I scrub my cages weekly when I change/replace bedding. I either use dish soap diluted with water or nature's miracle, then rinse with water.


----------



## moustress

I scrub with every change of bedding, plus I scoop out the potty corners as about 2/3 to 3/4 of my group cages use only one corner for peeing in. The corner then is wiped down lightly before I put it a bit of clean bedding. I am so glad most of my boys have adopted this little bit of 'housekeeping instead of drinking water constantly and spewing all over the water bottles. Some of those boys also collect the cleanest bits of bedding and cover up to half of the surface of the bedding at one end with it. Also, I also put in bit bit of clean stuff at that end. Those tanks' corners get scooped and partly cleaned several times a week, plus the regular cage changing. It helps a lot in keeping the ammonia levels down in those tanks and in the mousery in general.

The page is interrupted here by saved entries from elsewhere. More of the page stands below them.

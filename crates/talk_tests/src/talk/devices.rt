//! Talks over devices in memory.
ghost use Rattle.std.specs.Prelude.{◌≡◌};

use interleaved::{ListSink, ListSource, Source};
use relay_talk::{TalkEnd, run_talk};
use session_state::{Moments, Words};
use session_words::FixedWord;
use std::alloc::Global;
use std::collections::hash_map::RandomState;
use std::process::Abort;
use std::test::Fail;

/// The environment of a talk.
#[derive(Clone, Copy)]
pub(crate) struct Host {
    pub alloc: Global,
    pub hasher: RandomState,
    /// The word of each session identifier.
    pub word: u32,
}

pub(crate) fn made_host(rt: &HostRuntime, word: u32) -> Result<Host, Fail> {
    Ok(Host {
        alloc: rt.alloc(),
        hasher: RandomState::new(rt)?,
        word,
    })
}

/// A clock that is always at 0.
#[derive(Drop)]
pub(crate) struct Still;

impl Moments for Still {
    ghost gives = { λ _ moment _. moment ≡ 0 };

    fn now(&mut self) -> u64 {
        0
    }
}

/// How the bytes of a talk come and go: at most `piece` bytes a read, up to a place at which the source fails, into a sink
/// with this room.
#[derive(Clone, Copy, Debug)]
pub(crate) struct Devices {
    pub piece: usize,
    pub fail_at: Option<usize>,
    pub room: usize,
}

/// Devices that don't fail.
pub(crate) fn in_pieces(piece: usize) -> Devices {
    Devices {
        piece,
        fail_at: None,
        room: 100_000,
    }
}

/// The outcome of a talk.
#[derive(Drop)]
pub(crate) struct Outcome {
    pub end: TalkEnd,
    /// What it wrote.
    pub written: Vec<u8>,
    /// How many bytes it left unread.
    pub left: u64,
}

/// Returns the outcome of a talk of this input, with these words, by a clock that is always at 0.
pub(crate) fn outcome_of<V: Words>(
    host: Host,
    input: &[u8],
    devices: Devices,
    words: &mut V,
) -> Result<Outcome, Fail> {
    outcome_at(host, input, devices, words, &mut Still)
}

/// Returns the outcome of a talk of this input, with these words and at these moments.
pub(crate) fn outcome_at<V: Words, N: Moments>(
    host: Host,
    input: &[u8],
    devices: Devices,
    words: &mut V,
    moments: &mut N,
) -> Result<Outcome, Fail> {
    let bytes = Vec::from_slice(host.alloc, input)?;
    let source = ListSource::new(bytes, devices.piece.max(1), devices.fail_at);
    let mut sink = ListSink::new(host.alloc, devices.room)?;
    let (end, last) = run_talk(host.alloc, host.hasher, source, &mut sink, words, moments);
    Ok(Outcome {
        end,
        written: sink.into_vec(),
        left: last.left(),
    })
}

/// Asserts that a talk of this input writes this text, and has this end.
pub(crate) fn expect_talk(
    rt: &impl Abort,
    host: Host,
    input: &[u8],
    devices: Devices,
    want: &[u8],
    want_end: &TalkEnd,
) -> Result<(), Fail> {
    let outcome = outcome_of(host, input, devices, &mut FixedWord(host.word))?;
    assert!(rt;
        outcome.written.as_slice() == want && outcome.end == *want_end,
        "{devices:?} {input:?}"
    );
    Ok(())
}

I don't usually use anything to sterilize or sanitize the tanks. I use DeFlea in tanks and on equipment where mites have been present, and in the bedding of mousies who in the middle of treatment for mites. (I spray my hands too, so I don't spread mites from tank to tank when dealing with meeces and equipment in infested tanks.


----------



## hlforumhl

I wash the cages about once a month. This works well for my mice and my housing conditions.


----------



## hlforumhl

To keep the cages clean, I spot clean every single day, which involves replacing the soiled bedding in the corners of the cage.


----------



## MoonfallTheFox

I wipe Augustus' cage out when I change bedding and use soap once a week. (just hand soap) He's one of those bucks who pee on everything in big gooey layers, it ends up everywhere, the water bottle, the sides of the cage, EVERYWHERE. Nasty little bugger. Lol.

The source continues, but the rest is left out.